I think there are two points here. First, like you said, there’s an embodied kind of understanding the guy in the room (or a text-only model) just can’t have. He’ll never know what a hamburger tastes like without ever eating one, same as we’ll never know what it’s like to be a bat.
But... I don’t think you need that kind of experience to have **some** understanding. Most of what we call “understanding” in everyday life is about patterns and relations, not direct experience. I’ve never eaten headcheese or seen a quark, but I still get what they are through descriptions. So if the man learns compressed rules and starts spotting patterns that let him use words flexibly, I’d say that’s a real (though different) kind of understanding.
I think we're on the same page here. Your text got me thinking about two separate tracks (which are tangential to what you wrote, so no need to directly answer): one comment on compression and an alternative thought experiment.
On compression, the original thought experiment was designed such that the person was following rules mechanically and so every output is a correct statement. Now once you have compression and the person have some discretion in how he's using the rules (because they are compressed), he must also be capable of producing an incorrect statement.
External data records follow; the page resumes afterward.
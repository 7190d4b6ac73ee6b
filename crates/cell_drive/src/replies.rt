//! The lines of a cell's answers, with the same bytes before each.

ghost use Rattle.std.specs.Prelude.{◌≡◌, ◌+◌, ◌≤◌, [], ◌++◌, length, OnOk, true};
ghost use Rattle.std.specs.List.{flat_map};
ghost use Rattle.shop_base.specs.Report.{at};
ghost use Rattle.event_lines.specs.{EventLines.entry_line, EventLines.order_line, StandingLines.refused_detail_line};
ghost use Rattle.event_lines.specs.AnswerLines.{refused_line, done_line};
ghost use Rattle.byte_streams.specs.Lent.{WroteTo};
ghost use Rattle.cell_drive.specs.{declared.replies.TheConstants.MAX_PREFIX, LineAnswers.closing_line};
ghost use Rattle.cell_drive.specs.Refusals.{refusal_word};
ghost use Rattle.cell_drive.specs.ProtocolText.{acceptance_lines, end_part, lateness_line, lateness_part};

use crate::refusals::Refusal;
use byte_streams::{Sink, WriteFault, put_all};
use cell_control::{Core, Dues, Report, Timed};
use cell_tables::Entry;
use event_lines::{
    Detail, LineText, Overdue, done_line, late_line, late_overdue_line, put_entry_line,
    refused_detail_line, refused_line, unfinished_line,
};
use shop_base::{Moment, MoveOrder};

/// The most bytes before a line: the number of a cell, and a space.
pub(crate) const MAX_PREFIX: usize = 21;

/// The line of a report and that of an order, with as many bytes as may be before each. Both are shorter than its room.
type TwoLines = text_lines::LineText<176>;

/// Writes the line after the prefix. An empty prefix costs nothing.
#[inline(always)]
pub(crate) fn put_behind<W: Sink>(
    prefix: &[u8],
    line: &[u8],
    writer: &mut W,
) -> Result<(), WriteFault>
    ensures wrote { WroteTo W.Sink result writer.old writer.new (prefix.now ++ line.now) }
    ensures unfailed { OnOk result (W.failed writer.new ≡ W.failed writer.old) }
{
    if prefix.is_empty() {
        return put_all(writer, line);
    }
    put_all(writer, prefix)?;
    put_all(writer, line)
}

/// Writes the line that a report was late, and in it what was overdue, if that is given.
#[cold]
#[inline(never)]
fn put_late<W: Sink>(
    prefix: &[u8],
    at: Moment,
    overdue: Option<Overdue>,
    writer: &mut W,
) -> Result<(), WriteFault>
    ensures wrote { WroteTo W.Sink result writer.old writer.new (prefix.now ++ lateness_line at overdue) }
    ensures unfailed { OnOk result (W.failed writer.new ≡ W.failed writer.old) }
{
    match overdue {
        Some(overdue) => put_behind(prefix, late_overdue_line(at, overdue).bytes(), writer),
        None => put_behind(prefix, late_line(at).bytes(), writer),
    }
}

/// Writes the line that the report was late, if it was.
#[inline(always)]
pub(crate) fn put_lateness<W: Sink>(
    prefix: &[u8],
    report: Report,
    late: bool,
    overdue: Option<Overdue>,
    writer: &mut W,
) -> Result<(), WriteFault>
    ensures wrote { WroteTo W.Sink result writer.old writer.new (lateness_part prefix.now (at report) late overdue) }
    ensures unfailed { OnOk result (W.failed writer.new ≡ W.failed writer.old) }
{
    if late {
        put_late(prefix, report.at(), overdue, writer)
    } else {
        Ok(())
    }
}

/// Writes the line of the event.
#[inline(always)]
pub(crate) fn put_event<W: Sink>(
    prefix: &[u8],
    entry: Entry,
    writer: &mut W,
) -> Result<(), WriteFault>
    ensures wrote { WroteTo W.Sink result writer.old writer.new (prefix.now ++ entry_line entry) }
    ensures unfailed { OnOk result (W.failed writer.new ≡ W.failed writer.old) }
{
    let mut line = LineText::empty();
    put_entry_line(&mut line, entry);
    put_behind(prefix, line.bytes(), writer)
}

/// Writes the line of the first order before what there is, unless the report was late, and returns the orders whose
/// lines aren't written.
#[inline(always)]
fn put_first<'a>(
    lines: &mut TwoLines,
    prefix: &[u8],
    late: bool,
    orders: &'a [MoveOrder],
) -> &'a [MoveOrder]
    requires none { lines.old ≡ [] }
    requires short { length prefix.now ≤ MAX_PREFIX }
    ensures written { lines.new ++ flat_map (λ o. prefix.now ++ order_line o) result.now
        ≡ flat_map (λ o. prefix.now ++ order_line o) orders.now }
    ensures late { late ≡ true → lines.new ≡ [] }
    ensures length { length lines.new ≤ 60 + MAX_PREFIX }
{
    if late || orders.is_empty() {
        return orders;
    }
    put_entry_line(lines, Entry::Order(orders[0]));
    lines.put_text(prefix);
    &orders[1..]
}

#[inline(always)]
fn put_orders<W: Sink>(
    prefix: &[u8],
    orders: &[MoveOrder],
    writer: &mut W,
) -> Result<(), WriteFault>
    ensures wrote { WroteTo W.Sink result writer.old writer.new
        (flat_map (λ o. prefix.now ++ order_line o) orders.now) }
    ensures unfailed { OnOk result (W.failed writer.new ≡ W.failed writer.old) }
{
    for order in orders {
        put_event(prefix, Entry::Order(*order), writer)?;
    }
    Ok(())
}

/// Writes the line of the end of the run.
#[inline(never)]
fn put_done<W: Sink>(prefix: &[u8], at: Moment, writer: &mut W) -> Result<(), WriteFault>
    ensures wrote { WroteTo W.Sink result writer.old writer.new (prefix.now ++ done_line at) }
    ensures unfailed { OnOk result (W.failed writer.new ≡ W.failed writer.old) }
{
    put_behind(prefix, done_line(at).bytes(), writer)
}

/// Writes the line of the end of the run, if there is to be one.
#[inline(always)]
fn put_end<W: Sink>(
    prefix: &[u8],
    report: Report,
    ended: bool,
    writer: &mut W,
) -> Result<(), WriteFault>
    ensures wrote { WroteTo W.Sink result writer.old writer.new (end_part prefix.now (at report) ended) }
    ensures unfailed { OnOk result (W.failed writer.new ≡ W.failed writer.old) }
{
    if ended {
        put_done(prefix, report.at(), writer)
    } else {
        Ok(())
    }
}

/// Writes the line of the report, the line that it was late, the lines of the orders, and the line of the end. The first
/// order is written together with the report, where no line comes between.
#[inline(always)]
pub(crate) fn put_accepted<W: Sink>(
    prefix: &[u8],
    report: Report,
    late: bool,
    overdue: Option<Overdue>,
    orders: &[MoveOrder],
    ended: bool,
    writer: &mut W,
) -> Result<(), WriteFault>
    requires { length prefix.now ≤ MAX_PREFIX }
    ensures wrote { WroteTo W.Sink result writer.old writer.new
        (acceptance_lines prefix.now report late overdue orders.now ended) }
    ensures unfailed { OnOk result (W.failed writer.new ≡ W.failed writer.old) }
{
    let mut lines = TwoLines::empty();
    let others = put_first(&mut lines, prefix, late, orders);
    put_entry_line(&mut lines, Entry::Report(report));
    lines.put_text(prefix);
    put_all(writer, lines.bytes())?;
    put_lateness(prefix, report, late, overdue, writer)?;
    put_orders(prefix, others, writer)?;
    put_end(prefix, report, ended, writer)
}

/// Refuses a line that asks no cell for anything, by its number and this name.
#[cold]
#[inline(never)]
pub(crate) fn put_refused<W: Sink>(
    number: u64,
    name: &[u8],
    writer: &mut W,
) -> Result<(), WriteFault>
    requires { length name.now ≤ 20 }
    ensures wrote { WroteTo W.Sink result writer.old writer.new (refused_line number name.now) }
    ensures unfailed { OnOk result (W.failed writer.new ≡ W.failed writer.old) }
{
    put_all(writer, refused_line(number, name).bytes())
}

/// Refuses what a cell was asked by the line of this number.
#[cold]
#[inline(never)]
pub(crate) fn put_refusal<W: Sink>(
    prefix: &[u8],
    number: u64,
    refusal: Refusal,
    detail: Detail,
    writer: &mut W,
) -> Result<(), WriteFault>
    ensures wrote { WroteTo W.Sink result writer.old writer.new
        (prefix.now ++ refused_detail_line number (refusal_word refusal) detail) }
    ensures unfailed { OnOk result (W.failed writer.new ≡ W.failed writer.old) }
{
    let line = refused_detail_line(number, refusal.name().as_bytes(), detail);
    put_behind(prefix, line.bytes(), writer)
}

/// Writes the closing line: whether the run is done, and when, or how many reports are left.
pub(crate) fn put_closing<P: Timed, D: Dues, W: Sink>(
    prefix: &[u8],
    controller: &Core<P, D>,
    writer: &mut W,
) -> Result<(), WriteFault>
    ensures wrote { WroteTo W.Sink result writer.old writer.new
        (prefix.now ++ closing_line controller.now.planned controller.now.cell) }
    ensures unfailed { OnOk result (W.failed writer.new ≡ W.failed writer.old) }
{
    let left = controller.reports_left();
    if left == 0 {
        put_done(prefix, controller.now(), writer)
    } else {
        put_behind(prefix, unfinished_line(left).bytes(), writer)
    }
}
The way you laid out the hypo, compression (which I'm assuming is lossy, otherwise we're just changing the manual) is a necessary step for understanding. Does it also mean that any real understanding must come along with the capacity to misunderstand and produced incorrect statements?
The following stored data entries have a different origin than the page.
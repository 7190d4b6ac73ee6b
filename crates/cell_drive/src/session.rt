//! A session: a controller, begun from any cell, whose lines are read and answered by a protocol.

ghost use Rattle.std.specs.Prelude.{◌≡◌, ◌+◌, ◌≤◌, ◌∷◌, length, map};
ghost use Rattle.run_log.specs.Log.{Notes};
ghost use Rattle.byte_streams.specs.Lent.{WroteOneTo};
ghost use Rattle.cell_drive.specs.{Replies.accepted_events, Session.AnswersRequest, Session.HoldsRun};

use crate::protocol::Protocol;
use crate::replies::{put_closing, put_refused};
use crate::requests::reply_to;
use byte_streams::{LineHandler, Sink, WriteFault};
use cell_control::{Core, Dues, Report, Timed};
use cell_tables::{Claim, Entry};
use event_lines::{Request, report_of, request_of};
use run_log::RunLog;
use shop_base::MoveOrder;
use std::marker::Model;

/// A controller, the protocol by which the lines of its cell are read and answered, and the log of the whole run.
#[derive(Drop)]
pub(crate) struct Session<P: Timed, D: Dues> {
    pub protocol: Protocol,
    pub controller: Core<P, D>,
    pub log: RunLog,
}

impl<P: Timed, D: Dues> Model for Session<P, D> {
    ghost use Rattle.cell_drive.specs.Session.{SessionState, HoldsRun, session_by};

    ghost Value = { SessionState };

    ghost view = { λ s. session_by s.protocol s.controller s.log };

    ghost invariant = { λ s. HoldsRun s.controller s.log };
}

/// Notes an accepted report and the moves that it released.
fn note(log: &mut RunLog, report: Report, orders: &[MoveOrder])
    requires { length log.old.entries + (1 + length orders.now) ≤ log.old.reserved }
    ensures { Notes log.old log.new (Entry.Report report ∷ map Entry.Order orders.now) }
{
    log.note_report(report).unwrap();
    log.note_orders(orders).unwrap();
}

/// Notes the report that was accepted, if one was, and the moves that it released.
#[inline(always)]
fn note_accepted<P: Timed, D: Dues>(
    log: &mut RunLog,
    controller: &Core<P, D>,
    accepted: Option<Report>,
)
    requires { length log.old.entries + length (accepted_events controller.now accepted) ≤ log.old.reserved }
    ensures { Notes log.old log.new (accepted_events controller.now accepted) }
{
    match accepted {
        Some(report) => note(log, report, controller.orders()),
        None => {}
    }
}

/// Answers what the line of this number asks for, and notes the events that this adds.
#[inline(always)]
fn answer_request<P: Timed, D: Dues, W: Sink>(
    protocol: Protocol,
    controller: &mut Core<P, D>,
    log: &mut RunLog,
    number: u64,
    request: Request,
    writer: &mut W,
) -> Result<(), WriteFault>
    requires { HoldsRun controller.old log.old }
    ensures kept { HoldsRun controller.new log.new }
    ensures answered { WroteOneTo W.Sink result writer.old writer.new
        (AnswersRequest protocol controller.old log.old number request controller.new log.new) }
{
    let reply = reply_to(protocol, b"", number, controller, request, writer);
    note_accepted(log, controller, reply.accepted);
    reply.written
}

impl<P: Timed, D: Dues> LineHandler for Session<P, D> {
    ghost use Rattle.cell_drive.specs.Session.{SessionAnswer, SessionCloses};

    ghost answers = { SessionAnswer };

    ghost closes = { SessionCloses };

    #[inline(never)]
    fn answer<W: Sink>(
        &mut self,
        number: u64,
        line: Option<&[u8]>,
        writer: &mut W,
    ) -> Result<(), WriteFault> {
        let Some(line) = line else {
            return put_refused(number, b"LongLine", writer);
        };
        if line.is_empty() {
            return Ok(());
        }
        if self.protocol.version_2 {
            let Some(request) = request_of(line) else {
                return put_refused(number, b"BadLine", writer);
            };
            return answer_request(
                self.protocol,
                &mut self.controller,
                &mut self.log,
                number,
                request,
                writer,
            );
        }
        let Some(report) = report_of(line) else {
            return put_refused(number, b"BadLine", writer);
        };
        let request = Request::Claim(Claim::Report(report));
        answer_request(
            self.protocol,
            &mut self.controller,
            &mut self.log,
            number,
            request,
            writer,
        )
    }

    fn put_closing<W: Sink>(&self, writer: &mut W) -> Result<(), WriteFault> {
        put_closing(b"", &self.controller, writer)
    }
}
And here's an increment to your experiment. In the original version, the man knows English well and has an ordinary understanding of English language and human experience. So he knows what is a hamburger and knows what a hamburger tastes like. What he doesn't know is what's the Chinese word for hamburger at least initially. Now let's take your compression idea. Is there a level of compression at which point the person would recognize some Chinese word as corresponding to a hamburger (even if he is misrecognizing)?
Yes, any understanding must come with the possibility of being incorrect in exactly the same way that all models are wrong.